• **Work task**
Each line of the listing that contains the word "genre" is to be copied.

• **Supplied material**
-=-=-

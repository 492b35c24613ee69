//! What the policy says where no run of the server gets to: numbers are never spent in one.

use radio_policy::{Action, ArriveFacts, PushFacts, RelayFacts, Rule, Verdict, judge};

/// A connection that the lists let in, where there is room for it.
fn arrival(number_is_spent: bool) -> Action {
    Action::Arrive(ArriveFacts {
        address_is_denied: false,
        address_is_allowed: true,
        clients_are_full: false,
        number_is_spent,
    })
}

/// A relay whose mount is free.
fn relay(number_is_spent: bool) -> Action {
    Action::RelayUp(Some(RelayFacts {
        sources_are_full: false,
        mount_is_live: false,
        type_is_refused: false,
        number_is_spent,
    }))
}

// rule: Numbers spent
#[test]
fn numbers_that_are_spent(rt: HostRuntime) {
    let spent = Verdict::Deny(Rule::NumbersSpent);
    assert!(rt; judge(&arrival(true)) == spent);
    assert!(rt; judge(&arrival(false)) == Verdict::Allow);
    assert!(rt; judge(&relay(true)) == spent);
    assert!(rt; judge(&relay(false)) == Verdict::Allow);
    let block = PushFacts {
        number_is_spent: true,
    };
    assert!(rt; judge(&Action::Push(block)) == spent);
}
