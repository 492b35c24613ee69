//! The answers that the server gives.
ghost use Rattle.std.specs.Prelude.{◌≡◌};
ghost use Rattle.radio_heads.specs.Answer.{content_type};

use crate::field_value::FieldValue;
use radio_policy::Status;

/// An answer of the server. Its texts are written as they are; no value of a header can hold a line end, by its type.
#[derive(Drop)]
pub enum Answer<'a> {
    /// A listener is admitted (200), and the stream's bytes follow.
    Listener(Welcome<'a>),
    /// A source is admitted (200).
    Source,
    /// A source may send its body (100; RFC 9110, section 15.2.1).
    Continue,
    /// A request is denied by the rule of that name (RFC 9110, section 15.5); 401 alone asks for a
    /// name and a password.
    Denial { status: Status, rule: &'a str },
    /// A command's answer (200), whose body is of that kind.
    Text { kind: TextKind, body: &'a [u8] },
}

/// What an admitted listener reads of the stream.
#[derive(Drop)]
pub struct Welcome<'a> {
    /// The stream's media type, written even where it is empty.
    pub content_type: FieldValue<'a>,
    /// The stream's name, which is left out where it is empty.
    pub name: FieldValue<'a>,
    /// The stream's genre, which is left out where it is empty.
    pub genre: FieldValue<'a>,
    /// What else the stream says of itself.
    pub about: AboutHeaders<'a>,
    /// The data bytes between two metadata blocks, where the listener asked for metadata.
    pub interval: Option<u32>,
}

/// What a stream says of itself beyond its name and genre, as Icecast's heads show it. A value is left out if it is empty.
#[derive(Drop)]
pub struct AboutHeaders<'a> {
    /// `icy-description`: the description.
    pub description: FieldValue<'a>,
    /// `icy-url`: the URL of the station's web site.
    pub url: FieldValue<'a>,
    /// `icy-br`: the bit rate in kbit/s.
    pub bitrate: FieldValue<'a>,
}

/// The kind of a command's answer.
#[derive(Clone, Copy, Debug, PartialEq, Eq)]
pub enum TextKind {
    /// `text/plain; charset=utf-8`
    Plain,
    /// `application/json`
    Json,
}

impl TextKind {
    /// The media type, as a `Content-Type` names it.
    pub fn content_type(self) -> &'static [u8]
        ensures { result.now ≡ content_type self }
    {
        match self {
            TextKind::Plain => b"text/plain; charset=utf-8",
            TextKind::Json => b"application/json",
        }
    }
}
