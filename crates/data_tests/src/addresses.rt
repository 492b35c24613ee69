//! Peers that are made of numbers, their texts, and a list of addresses. More texts and lists are in the end-to-end scripts.

use radio_addr::{AddressList, ListFault, Peer};
use std::alloc::Global;

/// Peers, and how they are written. One in `::ffff:0:0/96` is an IPv4 peer.
const WRITTEN: &[(u128, &str)] = &[
    (0xffff_0a00_00ff, "10.0.0.255"),
    (
        0x2001_0db8_0000_0000_0001_0000_0000_0001,
        "2001:db8:0:0:1:0:0:1",
    ),
];

/// Whether the peer of a number is written so.
fn is_written(alloc: Global, number: u128, text: &str) -> bool {
    match Peer::of_v6(number).to_string(alloc) {
        Ok(written) => written.as_str() == text,
        Err(_) => false,
    }
}

// rule: Peer
#[test]
fn made_and_written(rt: HostRuntime) {
    for (number, text) in WRITTEN {
        assert!(rt; is_written(rt.alloc(), *number, text));
    }
}

/// A list of two lines.
const LIST: &[u8] = b"10.0.0.0/8\r\n2001:db8::/32\n";

/// Which peers are in it: two of IPv4, and one of IPv6.
fn listed(alloc: Global, list: &[u8]) -> Result<[bool; 3], ListFault> {
    let list = AddressList::read(alloc, list)?;
    Ok([
        list.contains(Peer::of_v4(0x0aff_0001)),
        list.contains(Peer::of_v4(0x0b00_0001)),
        list.contains(Peer::of_v6(0x2001_0db8 << 96)),
    ])
}

#[test]
fn a_list_of_addresses(rt: HostRuntime) {
    assert!(rt; listed(rt.alloc(), LIST) == Ok([true, false, true]));
    let fault = ListFault::LineFault { line: 2 };
    assert!(rt; listed(rt.alloc(), b"10.0.0.0/8\nx") == Err(fault));
}
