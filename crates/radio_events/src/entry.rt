//! What a history is made of.

use crate::{Event, Reply};

/// One event, and what the server replied.
#[derive(Drop)]
pub struct Entry {
    /// What happened.
    pub event: Event,
    /// What the server replied.
    pub reply: Reply,
}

-=-=-

• **Expected answer**
    /// The stream's genre, which is left out where it is empty.
    pub genre: FieldValue<'a>,
/// What a stream says of itself beyond its name and genre, as Icecast's heads show it. A value is left out if it is empty.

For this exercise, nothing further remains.